Tak lagi tahan melihat semua adegan di depannya yang terus menampilkan kemesraan akhirnya gadis itu memutuskan untuk segera pergi dari sana. Kini Ia harus bisa tegas dengan semua yang terjadi. Ia tak boleh lagi lemah dengan perasaan bernama cinta dan pada laki-laki tersebut.
Ia harus bisa untuk lebih berani. Isvara bersumpah akan memberikan pelajaran pada Fardan atas apa yang sudah laki-laki itu lakukan untuk nya. Kini Fardan tak bisa lagi untuk mengelak bahkan ia sudah melihat nya dengan jelas bagaimana mereka bermesraan bahkan berciuman di depannya.

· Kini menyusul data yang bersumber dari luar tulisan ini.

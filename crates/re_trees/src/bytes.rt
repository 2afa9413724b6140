ghost use Rattle.std.specs.Prelude.{◌≡◌, ◌≢◌, ◌<◌, ◌+◌, ◌-◌, ◌^◌, ℕ, IsTrue, MatchBool};
ghost use Rattle.std.specs.{Prelude.{MatchOption, false, min, not, true}, Iterator.at_most};
ghost use Rattle.re_trees.specs.Bytes.{nothing, only, range, union, in_class, closed};
ghost use Rattle.re_trees.specs.Working.Trees.{Takes, members, IsLowest};

use crate::class::Class;

/// A set of bytes, one bit for each: bit `b` of `low` for a byte `b` below 128, and bit `b - 128`
/// of `high` for any other. Contracts speak of its `members`, the test of whether a byte is in it.
#[derive(Clone, Copy, Drop)]
pub struct ByteSet {
    low: u128,
    high: u128,
}

impl ByteSet {
    /// The set without a byte.
    pub fn empty() -> Self
        ensures { members result ≡ nothing }
    {
        ByteSet { low: 0, high: 0 }
    }

    /// The set of this byte alone.
    pub fn only(byte: u8) -> Self
        ensures { members result ≡ only byte }
    {
        if byte < 128 {
            return ByteSet {
                low: 1 << byte,
                high: 0,
            };
        }
        ByteSet {
            low: 0,
            high: 1 << (byte - 128),
        }
    }

    /// The bytes from the first to the second, both included, by value. There are none where the
    /// second is below the first.
    pub fn range(first: u8, last: u8) -> Self
        ensures { members result ≡ range first last }
    {
        let begin = u16::from(first);
        let end = u16::from(last) + 1;
        ByteSet {
            low: word_of(begin, end),
            high: word_of(begin.saturating_sub(128), end.saturating_sub(128)),
        }
    }

    /// The bytes of a class in the POSIX locale (XBD 7.3.1).
    pub fn class(class: Class) -> Self
        ensures { members result ≡ in_class class }
    {
        match class {
            Class::Upper => ByteSet::range(b'A', b'Z'),
            Class::Lower => ByteSet::range(b'a', b'z'),
            Class::Digit => ByteSet::range(b'0', b'9'),
            Class::Alpha => ByteSet::letters(),
            Class::Alnum => ByteSet::letters().union(ByteSet::range(b'0', b'9')),
            Class::Blank => ByteSet::only(b' ').union(ByteSet::only(b'\t')),
            Class::Space => ByteSet::only(b' ').union(ByteSet::range(9, 13)),
            Class::Cntrl => ByteSet::range(0, 31).union(ByteSet::only(127)),
            Class::Punct => ByteSet::marks(),
            Class::Graph => ByteSet::range(33, 126),
            Class::Print => ByteSet::range(32, 126),
            Class::Xdigit => ByteSet::hexadecimal_digits(),
        }
    }

    fn letters() -> Self
        ensures { members result ≡ in_class Class.Alpha }
    {
        ByteSet::range(b'A', b'Z').union(ByteSet::range(b'a', b'z'))
    }

    fn marks() -> Self
        ensures { members result ≡ in_class Class.Punct }
    {
        let below_letters = ByteSet::range(33, 47).union(ByteSet::range(58, 64));
        below_letters.union(ByteSet::range(91, 96).union(ByteSet::range(123, 126)))
    }

    fn hexadecimal_digits() -> Self
        ensures { members result ≡ in_class Class.Xdigit }
    {
        let letters = ByteSet::range(b'A', b'F').union(ByteSet::range(b'a', b'f'));
        ByteSet::range(b'0', b'9').union(letters)
    }

    /// The bytes of either set.
    pub fn union(self, other: ByteSet) -> Self
        ensures { members result ≡ union (members self) (members other) }
    {
        ByteSet {
            low: self.low | other.low,
            high: self.high | other.high,
        }
    }

    /// The bytes that are not in the set.
    pub fn complement(self) -> Self
        ensures { (b : ℕ) → b < 256 → members result b ≡ not (members self b) }
    {
        ByteSet {
            low: !self.low,
            high: !self.high,
        }
    }

    /// The set with the other case of each of its letters (XCU grep, option `-i`).
    pub fn closed(self) -> Self
        ensures { members result ≡ closed (members self) }
    {
        let upper = word_of(b'A' as u16, b'Z' as u16 + 1);
        let lowered = (upper & self.low) << 32;
        let raised = upper & (self.low >> 32);
        ByteSet {
            low: self.low | lowered | raised,
            high: self.high,
        }
    }

    /// The only byte of a set of one byte. There is none for an empty set or one of several bytes.
    pub fn one_byte(&self) -> Option<u8>
        ensures { MatchOption result ((byte : ℕ) → byte < 256 → members self.now ≢ only byte)
            (λ byte. members self.now ≡ only byte) }
    {
        let mut left = *self;
        let Some(byte) = left.next() else {
            return None;
        };
        match left.next() {
            Some(_other) => None,
            None => Some(byte),
        }
    }

    /// Whether each byte of the set passes.
    pub fn all_pass<F: Fn(u8) -> bool>(self, passes: F) -> bool
        requires { F.IsAlwaysCallable passes }
        ensures { MatchBool result ((b : ℕ) → IsTrue (members self b) → F.post passes b true)
            ((b : ℕ) × IsTrue (members self b) × F.post passes b false) }
    {
        for byte in self {
            if !passes(byte) {
                return false;
            }
        }
        true
    }

    /// Whether the byte is in the set.
    pub fn has(&self, byte: u8) -> bool
        ensures { result ≡ members self.now byte }
    {
        if byte < 128 {
            (self.low >> byte) & 1 == 1
        } else {
            (self.high >> (byte - 128)) & 1 == 1
        }
    }
}

/// The bytes of the set, from the lowest on.
impl Iterator for ByteSet {
    type Item = u8;

    ghost next_gives = { Takes };

    ghost remaining = { λ set. at_most (set.low + set.high) };

    fn next(&mut self) -> Option<u8> {
        if self.low != 0 {
            return Some(take_lowest(&mut self.low));
        }
        if self.high != 0 {
            return Some(128 + take_lowest(&mut self.high));
        }
        None
    }
}

// Takes the lowest bit out of a word that is not 0.
fn take_lowest(word: &mut u128) -> u8
    requires { 0 < word.old }
    ensures { IsLowest word.old result word.new }
{
    let lowest = word.trailing_zeros();
    *word &= !(1 << lowest);
    lowest as u8
}

// The word of the bits from the first up to the second, as far as a word has them.
fn word_of(begin: u16, end: u16) -> u128
    ensures { result ≡ 2 ^ min end 128 - 2 ^ min begin 128 }
{
    lowest_bits(end).saturating_sub(lowest_bits(begin))
}

// The word of the `count` lowest bits, or of all 128 where the count is greater.
fn lowest_bits(count: u16) -> u128
    ensures { result ≡ 2 ^ min count 128 - 1 }
{
    if count < 128 {
        (1u128 << count) - 1
    } else {
        u128::MAX
    }
}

“Berhenti untuk bersikap bodoh Isvara,” tegas Isvara pada diri nya sendiri. Rasa sakit hati yang ia rasakan. Isvara berharap jika itu akan menjadi pelajaran untuk nya agar tidak lagi sembarangan menaruh hati pada laki-laki dan tidak lagi mudah percaya pada laki-laki.
“Akan aku tunjukkan apa itu cinta yang kamu anggap permainan Fardan,” ucap nya dengan pasti.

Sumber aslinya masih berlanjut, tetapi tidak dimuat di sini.